*** Records for the task Section Begins ***

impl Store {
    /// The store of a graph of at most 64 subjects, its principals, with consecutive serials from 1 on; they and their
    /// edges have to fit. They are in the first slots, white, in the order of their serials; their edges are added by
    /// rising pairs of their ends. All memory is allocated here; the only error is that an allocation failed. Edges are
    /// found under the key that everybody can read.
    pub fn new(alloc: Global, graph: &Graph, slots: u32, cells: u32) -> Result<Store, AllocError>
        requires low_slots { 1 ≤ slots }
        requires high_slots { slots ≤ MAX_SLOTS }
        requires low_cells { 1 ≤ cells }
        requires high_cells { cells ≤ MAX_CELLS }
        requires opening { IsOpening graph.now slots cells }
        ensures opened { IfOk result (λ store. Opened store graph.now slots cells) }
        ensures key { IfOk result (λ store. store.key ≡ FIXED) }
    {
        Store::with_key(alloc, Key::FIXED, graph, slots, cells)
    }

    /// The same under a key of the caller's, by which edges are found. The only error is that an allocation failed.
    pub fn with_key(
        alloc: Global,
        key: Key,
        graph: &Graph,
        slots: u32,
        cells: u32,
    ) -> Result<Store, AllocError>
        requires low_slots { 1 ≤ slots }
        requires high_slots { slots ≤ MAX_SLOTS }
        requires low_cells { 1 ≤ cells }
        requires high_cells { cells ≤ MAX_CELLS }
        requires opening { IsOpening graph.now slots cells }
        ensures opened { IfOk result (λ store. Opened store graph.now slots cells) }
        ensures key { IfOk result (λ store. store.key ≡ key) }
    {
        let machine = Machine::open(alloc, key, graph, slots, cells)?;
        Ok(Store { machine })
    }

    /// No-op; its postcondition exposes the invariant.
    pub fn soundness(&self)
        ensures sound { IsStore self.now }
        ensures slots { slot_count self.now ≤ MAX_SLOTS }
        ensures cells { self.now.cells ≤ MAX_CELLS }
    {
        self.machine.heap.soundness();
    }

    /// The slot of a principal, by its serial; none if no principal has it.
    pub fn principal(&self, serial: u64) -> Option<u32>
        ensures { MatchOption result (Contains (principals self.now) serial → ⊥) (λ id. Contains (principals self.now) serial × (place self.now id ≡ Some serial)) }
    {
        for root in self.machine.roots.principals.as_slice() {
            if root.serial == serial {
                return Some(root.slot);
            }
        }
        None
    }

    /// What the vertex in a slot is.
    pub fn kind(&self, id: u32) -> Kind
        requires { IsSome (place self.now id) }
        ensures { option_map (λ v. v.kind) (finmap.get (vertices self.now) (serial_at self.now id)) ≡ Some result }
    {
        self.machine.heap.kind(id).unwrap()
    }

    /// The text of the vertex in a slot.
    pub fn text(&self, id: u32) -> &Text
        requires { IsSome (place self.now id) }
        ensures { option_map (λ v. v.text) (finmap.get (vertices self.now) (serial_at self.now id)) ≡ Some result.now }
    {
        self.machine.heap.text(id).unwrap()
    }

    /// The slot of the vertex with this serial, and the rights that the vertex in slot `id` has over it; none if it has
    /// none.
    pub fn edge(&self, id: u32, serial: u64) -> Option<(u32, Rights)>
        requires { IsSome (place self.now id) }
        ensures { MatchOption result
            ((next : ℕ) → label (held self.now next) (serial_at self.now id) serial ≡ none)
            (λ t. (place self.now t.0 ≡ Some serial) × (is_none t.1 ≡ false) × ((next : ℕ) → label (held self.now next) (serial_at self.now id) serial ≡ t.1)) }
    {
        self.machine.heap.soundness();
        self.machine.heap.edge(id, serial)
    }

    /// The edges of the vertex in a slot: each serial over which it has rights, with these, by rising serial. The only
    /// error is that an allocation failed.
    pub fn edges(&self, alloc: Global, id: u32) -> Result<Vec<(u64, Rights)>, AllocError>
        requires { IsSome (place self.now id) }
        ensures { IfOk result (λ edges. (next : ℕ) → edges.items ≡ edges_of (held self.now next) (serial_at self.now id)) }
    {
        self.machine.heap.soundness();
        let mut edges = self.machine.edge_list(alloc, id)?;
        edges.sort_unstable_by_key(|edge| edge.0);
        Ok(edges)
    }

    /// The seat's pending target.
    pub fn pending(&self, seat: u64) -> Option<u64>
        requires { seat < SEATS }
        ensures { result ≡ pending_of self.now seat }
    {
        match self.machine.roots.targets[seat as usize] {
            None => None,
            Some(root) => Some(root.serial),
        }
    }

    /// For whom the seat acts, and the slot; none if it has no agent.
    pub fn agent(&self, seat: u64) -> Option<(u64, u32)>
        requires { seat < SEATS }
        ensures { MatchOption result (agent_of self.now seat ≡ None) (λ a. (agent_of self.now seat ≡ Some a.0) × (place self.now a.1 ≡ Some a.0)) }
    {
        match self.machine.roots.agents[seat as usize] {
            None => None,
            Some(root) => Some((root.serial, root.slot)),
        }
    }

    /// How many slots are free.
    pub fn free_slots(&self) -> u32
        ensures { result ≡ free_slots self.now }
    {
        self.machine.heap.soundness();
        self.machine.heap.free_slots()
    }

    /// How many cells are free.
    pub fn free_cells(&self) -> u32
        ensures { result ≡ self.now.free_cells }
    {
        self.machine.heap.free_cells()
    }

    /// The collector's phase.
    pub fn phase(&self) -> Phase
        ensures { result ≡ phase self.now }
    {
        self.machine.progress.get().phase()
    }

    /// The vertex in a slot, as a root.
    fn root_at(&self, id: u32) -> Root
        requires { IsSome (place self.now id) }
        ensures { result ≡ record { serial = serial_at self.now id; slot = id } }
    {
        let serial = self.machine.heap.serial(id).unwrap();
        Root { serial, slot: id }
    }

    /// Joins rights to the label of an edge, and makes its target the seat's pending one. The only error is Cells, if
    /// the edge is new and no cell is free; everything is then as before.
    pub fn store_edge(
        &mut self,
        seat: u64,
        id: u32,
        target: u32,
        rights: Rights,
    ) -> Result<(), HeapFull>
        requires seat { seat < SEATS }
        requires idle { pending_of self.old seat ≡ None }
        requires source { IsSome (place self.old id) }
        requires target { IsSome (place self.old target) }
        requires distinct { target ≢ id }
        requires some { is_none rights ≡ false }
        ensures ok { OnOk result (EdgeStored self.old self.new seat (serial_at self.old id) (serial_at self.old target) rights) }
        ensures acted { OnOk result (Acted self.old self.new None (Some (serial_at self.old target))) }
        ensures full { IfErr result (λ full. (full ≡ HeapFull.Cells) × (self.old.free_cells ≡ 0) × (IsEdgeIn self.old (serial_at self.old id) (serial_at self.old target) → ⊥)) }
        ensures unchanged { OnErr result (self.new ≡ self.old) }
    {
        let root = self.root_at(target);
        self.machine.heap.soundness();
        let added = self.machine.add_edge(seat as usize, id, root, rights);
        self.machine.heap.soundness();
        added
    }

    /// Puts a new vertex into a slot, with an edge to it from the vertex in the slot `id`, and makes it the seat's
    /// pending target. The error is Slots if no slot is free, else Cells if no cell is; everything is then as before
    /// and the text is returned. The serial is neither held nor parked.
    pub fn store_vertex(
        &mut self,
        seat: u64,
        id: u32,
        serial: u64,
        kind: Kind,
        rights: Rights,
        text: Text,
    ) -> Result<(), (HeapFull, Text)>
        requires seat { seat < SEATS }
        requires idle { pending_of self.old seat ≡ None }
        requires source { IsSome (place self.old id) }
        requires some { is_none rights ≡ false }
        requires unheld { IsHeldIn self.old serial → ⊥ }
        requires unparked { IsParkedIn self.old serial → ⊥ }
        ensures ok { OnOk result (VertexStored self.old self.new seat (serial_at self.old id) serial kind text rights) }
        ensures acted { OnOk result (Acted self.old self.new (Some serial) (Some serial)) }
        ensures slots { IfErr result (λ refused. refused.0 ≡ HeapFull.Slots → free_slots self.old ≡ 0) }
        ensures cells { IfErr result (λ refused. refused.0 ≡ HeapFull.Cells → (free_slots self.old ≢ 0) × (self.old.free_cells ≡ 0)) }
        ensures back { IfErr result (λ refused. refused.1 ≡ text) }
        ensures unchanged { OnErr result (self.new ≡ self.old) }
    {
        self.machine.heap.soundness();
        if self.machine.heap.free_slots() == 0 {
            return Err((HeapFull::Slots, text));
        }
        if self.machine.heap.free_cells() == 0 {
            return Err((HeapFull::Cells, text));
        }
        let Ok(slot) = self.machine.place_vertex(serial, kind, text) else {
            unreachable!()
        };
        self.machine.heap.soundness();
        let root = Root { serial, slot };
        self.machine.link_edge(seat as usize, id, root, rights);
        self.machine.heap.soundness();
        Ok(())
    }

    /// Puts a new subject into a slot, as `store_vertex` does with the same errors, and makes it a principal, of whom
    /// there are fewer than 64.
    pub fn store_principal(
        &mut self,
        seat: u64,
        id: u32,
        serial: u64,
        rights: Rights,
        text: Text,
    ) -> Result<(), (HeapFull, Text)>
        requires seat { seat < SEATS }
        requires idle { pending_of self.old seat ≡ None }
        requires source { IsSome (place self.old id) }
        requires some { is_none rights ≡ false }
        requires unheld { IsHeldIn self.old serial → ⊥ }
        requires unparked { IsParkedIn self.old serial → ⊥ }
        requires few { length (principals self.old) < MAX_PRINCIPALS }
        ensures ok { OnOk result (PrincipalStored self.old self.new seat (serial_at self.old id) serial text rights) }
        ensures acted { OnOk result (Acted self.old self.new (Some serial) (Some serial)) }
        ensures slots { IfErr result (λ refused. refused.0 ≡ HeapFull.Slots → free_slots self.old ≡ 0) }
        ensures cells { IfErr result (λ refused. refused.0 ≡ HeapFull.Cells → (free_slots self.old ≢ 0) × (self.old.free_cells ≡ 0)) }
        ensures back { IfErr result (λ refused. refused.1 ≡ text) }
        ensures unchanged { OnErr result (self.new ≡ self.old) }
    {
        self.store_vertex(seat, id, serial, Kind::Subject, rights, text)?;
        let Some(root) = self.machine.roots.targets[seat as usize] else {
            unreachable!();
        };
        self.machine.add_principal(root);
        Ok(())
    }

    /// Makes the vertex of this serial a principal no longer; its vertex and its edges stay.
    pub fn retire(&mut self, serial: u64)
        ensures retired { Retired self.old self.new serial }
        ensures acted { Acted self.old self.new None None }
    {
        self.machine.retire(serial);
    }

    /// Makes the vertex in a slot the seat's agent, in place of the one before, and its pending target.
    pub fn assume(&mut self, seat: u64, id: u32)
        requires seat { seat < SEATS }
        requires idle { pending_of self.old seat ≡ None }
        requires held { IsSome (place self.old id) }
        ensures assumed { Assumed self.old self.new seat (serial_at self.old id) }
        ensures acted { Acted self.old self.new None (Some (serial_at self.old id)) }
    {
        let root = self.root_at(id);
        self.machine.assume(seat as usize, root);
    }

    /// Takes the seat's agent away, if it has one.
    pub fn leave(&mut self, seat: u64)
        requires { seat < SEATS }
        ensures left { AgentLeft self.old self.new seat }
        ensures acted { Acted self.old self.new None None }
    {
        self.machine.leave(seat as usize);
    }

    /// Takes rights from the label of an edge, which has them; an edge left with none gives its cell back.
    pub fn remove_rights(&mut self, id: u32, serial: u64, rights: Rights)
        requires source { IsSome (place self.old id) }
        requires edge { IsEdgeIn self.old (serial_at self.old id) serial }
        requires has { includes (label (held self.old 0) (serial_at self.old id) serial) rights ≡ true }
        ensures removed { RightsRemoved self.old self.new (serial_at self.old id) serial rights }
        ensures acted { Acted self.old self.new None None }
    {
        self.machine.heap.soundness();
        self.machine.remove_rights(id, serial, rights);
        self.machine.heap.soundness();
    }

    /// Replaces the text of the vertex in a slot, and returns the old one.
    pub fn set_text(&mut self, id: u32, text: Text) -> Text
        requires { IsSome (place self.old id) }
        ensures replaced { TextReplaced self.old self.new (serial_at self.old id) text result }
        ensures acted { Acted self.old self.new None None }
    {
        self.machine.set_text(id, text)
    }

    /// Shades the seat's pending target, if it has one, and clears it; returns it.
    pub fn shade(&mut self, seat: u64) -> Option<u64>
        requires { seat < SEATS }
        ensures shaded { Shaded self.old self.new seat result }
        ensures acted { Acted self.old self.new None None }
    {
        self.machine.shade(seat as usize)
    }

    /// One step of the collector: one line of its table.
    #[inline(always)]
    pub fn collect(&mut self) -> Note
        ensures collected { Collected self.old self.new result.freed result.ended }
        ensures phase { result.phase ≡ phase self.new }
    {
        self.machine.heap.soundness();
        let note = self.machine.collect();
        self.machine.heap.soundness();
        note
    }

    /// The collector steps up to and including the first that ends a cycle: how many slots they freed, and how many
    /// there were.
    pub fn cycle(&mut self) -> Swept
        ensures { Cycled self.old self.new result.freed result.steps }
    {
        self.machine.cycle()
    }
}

*** Records for the task Section Ends ***

Search the entries for the string "vertices". Copy every line that has it.

        ensures { option_map (λ v. v.kind) (finmap.get (vertices self.now) (serial_at self.now id)) ≡ Some result }
        ensures { option_map (λ v. v.text) (finmap.get (vertices self.now) (serial_at self.now id)) ≡ Some result.now }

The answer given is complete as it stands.